Learning Comparisons

A variety of design decisions and parameters affect the behavior of score-based structure learning algorithms. Optimality is perhaps the most straightforward distinction. Some algorithms, such as dynamic programming, guarantee to return the best-scoring network; others, such as Friedman's sparse candidate algorithm, do not offer any guarantees on the quality of the returned network. The structure learning page discusses my work in this area is detail. The choice of scoring function and parameters, such as the equivalent sample size for the BDeu score, affect both global and local search algorithms. Constraints and priors offer a variety of ways to incorporate expert knowledge.
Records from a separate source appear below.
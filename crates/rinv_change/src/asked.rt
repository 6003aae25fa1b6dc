//! What the test of a fraction is made of.

ghost use Rattle.std.specs.Result.{MatchResult};
ghost use Rattle.rinv_defs.specs.System.{space_count};
ghost use Rattle.rinv_defs.specs.SystemForm.{IsSystem};
ghost use Rattle.rinv_ring.specs.Fault.{DegreesMeet};
ghost use Rattle.rinv_frac.specs.Fractions.{IsStored};
ghost use Rattle.rinv_laws.specs.Group.{IsGroupBasis};
ghost use Rattle.rinv_change.specs.Asked.{IsAsked};
ghost use Rattle.rinv_change.specs.Changes.{ChangingMeets};

use crate::changing::{change_of, change_ring};
use crate::kept::{KeptBasis, kept_basis};
use rinv_frac::Frac;
use rinv_laws::GroupBasis;
use rinv_poly::{KPoly, PolyRing};
use rinv_ring::{Gf, RingFault};
use rinv_text::System;
use std::alloc::Global;

/// The ring of changes, a change, and the kept elements of the group's basis.
#[derive(Drop)]
pub(crate) struct Asked {
    pub(crate) ring: PolyRing<Gf>,
    pub(crate) change: KPoly,
    pub(crate) basis: KeptBasis,
}

/// Those of the fraction.
pub(crate) fn asked_of(
    alloc: Global,
    system: &System,
    group: &GroupBasis,
    f: &Frac,
) -> Result<Asked, RingFault>
    requires system { IsSystem system.now.system }
    requires group { IsGroupBasis system.now.system group.now.basis group.now.reduced.items }
    requires fraction { IsStored system.now.system.p (space_count system.now.system) f.now }
    ensures { MatchResult result (IsAsked system.now.system group.now.basis f.now) (DegreesMeet (ChangingMeets system.now.system f.now)) }
{
    let ring = change_ring(system);
    let change = change_of(alloc, system, &ring, f)?;
    let basis = kept_basis(alloc, system, group, &ring)?;
    Ok(Asked {
        ring,
        change,
        basis,
    })
}
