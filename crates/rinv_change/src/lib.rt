//! The test of a fraction's invariance, and the cofactors that prove it.
//!
//! - `test_invariant`: nothing where the fraction is invariant, and else the normal form of its change
//! - `kept_cofactors`: the cofactors of the group's basis, made once
//! - `invariance_proof`: by them the cofactors of an invariant fraction's change over the group's ideal
//! - `change_ring`, `kept_basis`, `sums_of_products`: what these are made with, for other members of that ideal
#![tactic(auto)]

mod asked;
mod changing;
mod cofactors;
mod kept;
mod testing;

pub use changing::change_ring;
pub use cofactors::{KeptCofactors, invariance_proof, kept_cofactors, sums_of_products};
pub use kept::{KeptBasis, kept_basis};
pub use testing::test_invariant;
Zhifa, Changhe and I have thoroughly investigated the effect of scoring function on structure learning. In this work, we learned gold standard networks from UCI datasets. We then sampled a variety of datasets from each network. Next, we used an optimal structure learning algorithm to learn a network from each of the sampled datasets. Finally, we computed the structural Hamming distance between the gold standard and learned networks. We repeated this process using AIC, BIC, fNML and BDeu with a variety of equivalent sample sizes. We found that BIC and fNML performed well. BDeu performed well for some ESSs, but poorly for others.

Abiola and I have evaluated the use of some expert knowledge on structure learning. I adapted the exact dynamic programming structure learning algorithm to incorporate hard structural constraints. That is, an expert specifies that some edges must exist and others are not allowed. (They can actually specify constraints in disjunctive normal form, so the constraints can be rather complex.) Abiola and I ran experiments using a publicly available epigenetic dataset. We derived our expert knowledge from the literature. We then ran the algorithm using a number of different constraints. We validated our model by counting the number of relationships present in both the literature and the learned network. Our results showed that "positive" constraints (A -> B must exist) often helped find other true positives. On the other hand, negative constraints did not help find more true positives for most cases.

Not all algorithms treat constraints the same. The simple dynamic programming algorithm uses prior knowledge as "hard" constraints. These algorithms always return structures consistent with the constraints. Others use special scoring functions which use the constraints to bias scores towards networks which are closer to the structure imposed by the constraints. These algorithms treat the expert knowledge as "soft" constraints; enough contradictory evidence from the data can "override" the constraint. In the future, I would like to investigate soft constraints and priors in more detail.